しかし、2017年2月24日にプロデューサーの鈴木敏夫が「Oscar Week 2017」において、宮崎が長編映画の制作に復帰したことを公表し、事実上の引退撤回となった。ただし、宮崎自身は「自分は引退中であり、引退しながらやっている」と発言している。

同年5月19日、新作のスタッフを公式サイトで募集開始し本格的に制作がスタートした。10月28日に早稲田大学で開催されたイベントで新作のタイトルが「君たちはどう生きるか」であると明かされた。

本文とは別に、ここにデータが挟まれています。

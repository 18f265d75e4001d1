//! Operations of tests on boards and their passes: they open and close boards, set marks, and
//! release variables.
ghost use Rattle.std.specs.Prelude.{◌≡◌, ◌<◌, [], length, IfSome};
ghost use Rattle.std.specs.List.{range_with_len};
ghost use Rattle.pop_model.specs.Popping.{variables};
ghost use Rattle.pop_model.specs.Tickets.{AreNumbered};
ghost use Rattle.claim_words.specs.Maps.{Each};
ghost use Rattle.claim_words.specs.Openings.{marks_in};
ghost use Rattle.claim_words.specs.Passes.{IsOf, IsIdle, IsSole, SameMarks, view, count_of, marks_of, instance_of, opening_of};
ghost use Rattle.claim_words.specs.Steps.{fresh};

use claim_words::{Board, Closed, Pass};
use confluence_core::Keep;
use pop_instance::{Cursors, Family, Instance};
use std::alloc::Global;
use std::process::Abort;

/// The number of units with a mark: those of a listed family, and none of cycles.
pub(crate) fn marks_in(instance: &Instance) -> u32
    ensures { result ≡ marks_in instance.now.family }
{
    match instance.family() {
        Family::Listed(events) => events.count(),
        Family::Cycles(_) => 0,
    }
}

/// A board from zeros, and its first pass.
pub(crate) fn started<'i>(
    rt: &impl Abort,
    alloc: Global,
    instance: &'i Instance,
    keep: Keep,
) -> (Board<'i>, Pass)
    ensures instance { instance_of result.0 ≡ instance.now }
    ensures pass { IsOf result.0 result.1 }
    ensures fresh { view result.1 ≡ fresh (opening_of result.0) }
{
    let _units = instance.units();
    let from = Cursors::zeros(alloc, instance.stacks().count()).expect(rt, "memory");
    let started = Board::start(alloc, instance, &from, keep).expect(rt, "memory");
    drop(from);
    started
}

/// Sets this many marks, which are all of the board.
pub(crate) fn mark_all(board: &Board, pass: &mut Pass, marks: u32)
    requires pass { IsOf board.now pass.old }
    requires marks { marks ≡ marks_of board.now }
    requires taken { (view pass.old).taken ≡ [] }
    requires owed { Each (λ u. u < marks) (view pass.old).owed }
    ensures pass { IsOf board.now pass.new }
    ensures none { ((view pass.new).taken ≡ []) × ((view pass.new).owed ≡ []) }
    ensures held { (view pass.new).held ≡ (view pass.old).held }
    ensures share { (view pass.new).share ≡ (view pass.old).share }
{
    for unit in 0..marks {
        board.mark(pass, unit);
    }
}

/// Releases all variables; there are this many.
pub(crate) fn release_below(board: &Board, pass: &mut Pass, count: u32)
    requires pass { IsOf board.now pass.old }
    requires held { variables (view pass.old).held ≡ range_with_len 0 count }
    ensures pass { IsOf board.now pass.new }
    ensures held { (view pass.new).held ≡ [] }
    ensures same { SameMarks pass.old pass.new }
{
    for v in 0..count {
        board.release(pass, v);
    }
}

/// Closes a board by its only pass.
pub(crate) fn close(rt: &impl Abort, board: Board, pass: Pass) -> Closed
    requires pass { IsOf board pass }
    requires sole { IsSole pass }
    requires idle { IsIdle pass }
    ensures count { length result.cursors ≡ count_of board.entry }
    ensures numbered { IfSome result.log AreNumbered }
{
    let Ok(closed) = board.close(pass) else {
        panic!(rt; "out of memory")
    };
    closed
}
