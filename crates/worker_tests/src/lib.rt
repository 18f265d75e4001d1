//! Tests of workers and of their claims, by public calls: boards of claim words, finders, and runs
//! by workers. `claim_words`, `event_finders` and `pop_workers` have no tests of their own, so
//! that they are proved only once.
//!
//! A function that owns an instance, an end or a board drops it by a call. The drop is then proved
//! once, and not in each function that owns such a value.
#![tactic(auto)]

#[cfg(test)]
mod claims;
#[cfg(test)]
mod comparing;
#[cfg(test)]
mod drawn;
#[cfg(test)]
mod finders;
#[cfg(test)]
mod made;
#[cfg(test)]
mod passes;
#[cfg(test)]
mod sampling;
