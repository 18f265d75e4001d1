ghost use Rattle.std.specs.Prelude.{◌≡◌, ◌<◌, ◌^◌, [], length, replicate, IfOk};
ghost use Rattle.pop_rows.specs.FlatRows.{row_at, push_at, HasRoom, AreRoomy};
ghost use Rattle.pop_rows.specs.Layout.{AreStarts};

use crate::parts::part;
use std::alloc::{AllocError, Global};
use std::marker::Model;

/// Rows of numbers in one array. Each row has room for a fixed number of them. Rows count from 0;
/// there are at most 2^32 - 1.
#[derive(Drop)]
pub struct FlatRows {
    // Row v has its numbers in `items` from starts[v] up to, but without, ends[v]. Its room ends
    // before starts[v + 1].
    starts: Vec<u32>,
    ends: Vec<u32>,
    items: Vec<u32>,
}

impl Model for FlatRows {
    ghost use Rattle.pop_rows.specs.FlatRows.{RoomyRows};
    ghost use Rattle.pop_rows.specs.Layout.{roomy_rows, AreLaidOut};

    ghost Value = { RoomyRows };

    ghost view = { λ a. roomy_rows a.starts.items a.ends.items a.items.items };

    ghost invariant = { λ a. AreLaidOut a.starts.items a.ends.items a.items.items };
}

impl FlatRows {
    /// Makes empty rows with these rooms. If the rooms sum to 2^32 or more, the result is
    /// `AllocError`.
    pub fn with_rooms(alloc: Global, rooms: Vec<u32>) -> Result<FlatRows, AllocError>
        requires { length rooms.items < 2 ^ 32 }
        ensures rooms { IfOk result (λ f. f.rooms ≡ rooms.items) }
        ensures empty { IfOk result (λ f. f.rows ≡ replicate (length rooms.items) []) }
    {
        let count = rooms.len();
        let starts = starts_of(alloc, &rooms)?;
        let items = vec![in alloc; 0; starts[count] as usize]?;
        // The array of the rooms is reused: an empty row ends at its start.
        let mut ends = rooms;
        ends.copy_from_slice(&starts[..count]);
        Ok(FlatRows {
            starts,
            ends,
            items,
        })
    }

    /// The number of rows.
    pub fn count(&self) -> u32
        ensures count { result ≡ length self.now.rows }
        ensures roomy { AreRoomy self.now }
    {
        self.ends.len() as u32
    }

    /// Adds a number at the end of a row. It allocates nothing.
    pub fn push(&mut self, row: u32, x: u32)
        requires { HasRoom self.old row }
        ensures rows { self.new.rows ≡ push_at self.old.rows row x }
        ensures rooms { self.new.rooms ≡ self.old.rooms }
    {
        let end = self.ends[row as usize];
        self.items[end as usize] = x;
        self.ends[row as usize] = end + 1;
    }

    /// The numbers of a row, in the order in which they were pushed.
    pub fn row(&self, row: u32) -> &[u32]
        requires { row < length self.now.rows }
        ensures { result.now ≡ row_at self.now.rows row }
    {
        let v = row as usize;
        part(&self.items, self.starts[v], self.ends[v])
    }
}

// The running sums of the rooms, from 0 for no room to the sum of all rooms.
fn starts_of(alloc: Global, rooms: &[u32]) -> Result<Vec<u32>, AllocError>
    requires { length rooms.now < 2 ^ 32 }
    ensures { IfOk result (λ starts. AreStarts rooms.now starts.items) }
{
    let mut starts = Vec::with_capacity(alloc, rooms.len() + 1)?;
    let mut total: u32 = 0;
    for room in rooms {
        starts.push(total)?;
        total = total.checked_add(*room).ok_or(AllocError)?;
    }
    starts.push(total)?;
    Ok(starts)
}
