ghost use Rattle.std.specs.Prelude.{◌<◌, ◌^◌, ◌↔◌, ◌≡◌, sum, IsTrue};
ghost use Rattle.std.specs.Bool.{OnTrue};
ghost use Rattle.pop_rows.specs.PrefixSums.{running};

/// Replaces each number by the sum of the numbers up to it. Returns false if a sum exceeds 32
/// bits.
pub fn accumulate(row: &mut [u32]) -> bool
    ensures sums { OnTrue result (row.new ≡ running 0 row.old) }
    ensures light { IsTrue result ↔ (sum row.old < 2 ^ 32) }
{
    let mut total: u32 = 0;
    for x in row.iter_mut() {
        let Some(sum) = total.checked_add(*x) else {
            return false;
        };
        total = sum;
        *x = sum;
    }
    true
}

2020年5月13日にエンターテインメント・ウィークリーの取材で鈴木が1カ月に1分間のペースで制作中と語り、単純計算で2020年5月時点で3年間費やしたので36分が完成したことになる、と述べている。同年11月30日の「アーヤと魔女」合同取材会において、鈴木は作画の半分が完成し、全体の尺がオープニングとエンディングを入れて約125分になる予定であり、あと3年はかかると明かした。

2022年12月1日、本作に出演した木村拓哉が自身のInstagramで「久しぶりにお会いする(宮崎)監督の元、とある作業へと向かいます」と映画の題名を隠した台本と共にアフレコ作業を行ったことを投稿した。12月13日、配給の東宝は本作を2023年7月14日に公開すると発表した。

2023年2月下旬、初号試写が行われ、試写終了後、宮崎は「おそらく、訳が分からなかったことでしょう。私自身、訳が分からないところがありました」と発言した。7月4日、音楽は久石譲が担当することが判明、8月9日に徳間ジャパンコミュニケーションズから主題歌含む37曲が収録されたサウンドトラックが発売される。

プロデューサーの鈴木は、2023年6月2日に行われた「文藝春秋」編集長の新谷学との対談において、本作については宣伝を一切行わない方針を明らかにした。また、「金曜ロードショーとジブリ展」の開会セレモニーにて、鈴木は、「いろいろ考えているうちに一切宣伝がなかったら、皆さんどう思うんだろうと考えてみた。僕の考えですけど、これだけ情報があふれている時代、もしかしたら情報がないことがエンタテインメントになる。そんなふうに考えました。うまくいくかどうかわかりません。わからないけど、それを信じてやる、ということです」と語っている。

2022年12月13日に公開予定日とポスタービジュアルが発表されたが、以降予告編の公開やCM、新聞広告、公式サイトの開設といったプロモーション活動は全く行われておらず、出演者や主要なスタッフについても公開日までほとんどが非公開となっており、2023年2月下旬に行われた初号試写でも、厳重な箝口令が敷かれた。公開日となる2023年7月14日に出演者が解禁となり、米津玄師が主題歌を担当したことが判明した。また、パンフレットは公開日に販売されず、劇場では「パンフレットは後日発売」との旨の告知が掲示された。